If the Dream was also not happy in Houston where he couldn't get many touches, what would he think of his negative touches in Dallas?


----------



## robyg1974 (Jul 19, 2002)

> Originally posted by <b>RetroDreams</b>!
> Why would Dallas even consider this? What does Hakeem bring to the table that Raef and Shawn Bradley currently can't do?
> 
> I think Hakeems all-around game has eroded to the point where he is just an average center. Him coming to Dallas would also seriously hamper Raef's productivity.
> ...


I'm not much of an Olajuwon fan at this point, but who would you rather have playing for you vs. the Kings or Lakers or Spurs in the playoffs next year, Hakeem Olajuwon or Wang ZhiZhi?

Olajuwon understand that he's not a go-to guy anymore, he is pretty much a defensive specialist at this point in his career. I think, if he could be healthy for the Mavs by the time the playoffs roll around, he'd be a great fit in Dallas.
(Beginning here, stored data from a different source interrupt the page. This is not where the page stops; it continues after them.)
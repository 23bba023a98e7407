//! How many pairs a design has at most, by a look at its arcs alone.
ghost use Rattle.std.specs.Prelude.{◌≡◌, ◌≤◌, length, IfOk};
ghost use Rattle.std.specs.Bool.{OnTrue};
ghost use Rattle.mintc_text.specs.Limits.{AreLimits};
ghost use Rattle.mintc_text.specs.declared.limits.TheConstants.{MOST_ELEMENTS};
ghost use Rattle.mintc_timing.specs.Limits.{IsDesign};
ghost use Rattle.mintc_timing.specs.Order.{IsOrder, ArePathsShort};
ghost use Rattle.mintc_paths_count.specs.Bound.{HasFewPairs, pairs_by, most_pairs};

use mintc_paths::{ArcSequence, Rows, bound_is_within_limit};
use mintc_text::Limits;
use mintc_timing::{Flat, Order, TimingArc};
use std::alloc::{AllocError, Global};

/// How many pairs an arc brings at most, of a design with so many elements.
fn pairs_by(arc: TimingArc, elements: u32) -> u64
    requires { elements ≤ MOST_ELEMENTS }
    ensures value { result ≡ pairs_by elements arc }
    ensures few { result ≤ MOST_ELEMENTS }
{
    if arc.to >= 2 * elements {
        0
    } else if arc.from < 2 * elements {
        1
    } else {
        elements as u64
    }
}

/// No more pairs than this are in the design: what its arcs into inputs bring, one each from an output and one from
/// each element where an arc comes from an inner bit.
fn most_pairs(flat: &Flat) -> u64
    ensures value { result ≡ most_pairs (length flat.now.elements) flat.now.arcs }
    ensures design { IsDesign flat.now }
{
    let elements = flat.element_count();
    let mut most = 0;
    for arc in flat.arcs() {
        most += pairs_by(*arc, elements);
    }
    most
}

/// Whether a look at the arcs tells that the pairs are within the limit, and that no path is too long.
pub(crate) fn are_plainly_few(
    alloc: Global,
    limits: &Limits,
    flat: &Flat,
    order: &Order,
) -> Result<bool, AllocError>
    requires { IsOrder flat.now.arcs order.now }
    ensures few { IfOk result (λ few. OnTrue few (HasFewPairs limits.now flat.now)) }
    ensures short { IfOk result (λ few. OnTrue few (ArePathsShort flat.now)) }
    ensures kept { AreLimits limits.now }
{
    if (limits.most().pairs as u64) < most_pairs(flat) {
        return Ok(false);
    }
    let rows = Rows::plain(alloc, flat.bit_count())?;
    let sequence = ArcSequence::new(alloc, flat, order, rows)?;
    let short = bound_is_within_limit(alloc, flat, order, &sequence)?;
    Ok(short)
}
Toronto desperately wants to reduce their payroll so they can avoid the drastic consequences of the luxury tax next season (as a Mr. Rosenbaum discussed in his excellent article on http://www.realgm.com). Here is a trade that would make Toronto's owner very happy:

Hakeem Olajuwon, Jerome Williams, Eric Montross, Michael Stewart, and Mamadou N'Dyaiae to the Mavs; Wang Zhi Zhi (sign-and-trade, contract starts at $2.3 mil next year), Tariq Abdul-Wahad, Evan Eschmeyer, and Avery Johnson to the Raptors

Toronto would clear off $2.4 mil in total payroll, which FOR SURE will get this team out of luxury tax territory for next season AND for the 2003-04 season, too (may as well get THAT taken care of NOW rather than LATER). Abdul-Wahad's contract is a nightmare, but so is Michael Stewart's contract, and (let's be honest here) so is Jerome Williams' contract. Avery Johnson's contract expires in two seasons. And, who knows, maybe Wang Zhi Zhi will turn into a decent NBA player? Here's how Toronto would look next season:

Starting lineup

PG Alvin Williams (32 minutes/game)
SG Vince Carter (40 minutes/game)
SF Morris Peterson (36 minutes/game)
PF Antonio Davis (32 minutes/game)
C Wang Zhi Zhi (24 minutes/game)

Key reserves: Lyndsay Hunter (16 minutes/game), Evan Eschmeyer (16 minutes/game), Michael Bradley (16 minutes/game), Chris Jefferies (12 minutes/game), Tariq Abdul-Wahad (8 minutes/game), Nate Huffman (8 minutes/game)

End of the bench (no PT): Avery Johnson

AND here's how Dallas would shape up:

Starting lineup

PG Steve Nash (36 minutes/game)
SG Michael Finley (36 minutes/game)
SF Dirk Nowitzki (40 minutes/game)
PF Raef LaFrentz (32 minutes/game)
C Hakeem Olajuwon (24 minutes/game)

Key reserves: Nick Van Exel (28 minutes/game), Eduardo Najera (12 minutes/game), Shawn Bradley (12 minutes/game), Mamadou N'Dyaiae (12 minutes/game), Jerome Williams (8 minutes/game) 

End of the bench or stashed on the IR (no PT): Eric Montross, Adrian Griffin, Michael Stewart

If the Mavs signed Shawn Kemp, and if Kemp were able to give the Mavs, say, 20 minutes/game, that would relegate N'Dyaiae and the Junk Yard Dog to the bench, where they belong on a serious championship contender. I'm not sure who else the Mavs are looking at, but they WILL spend their full mid-level exception this offseason on one or more players, you can be SURE of THAT!


----------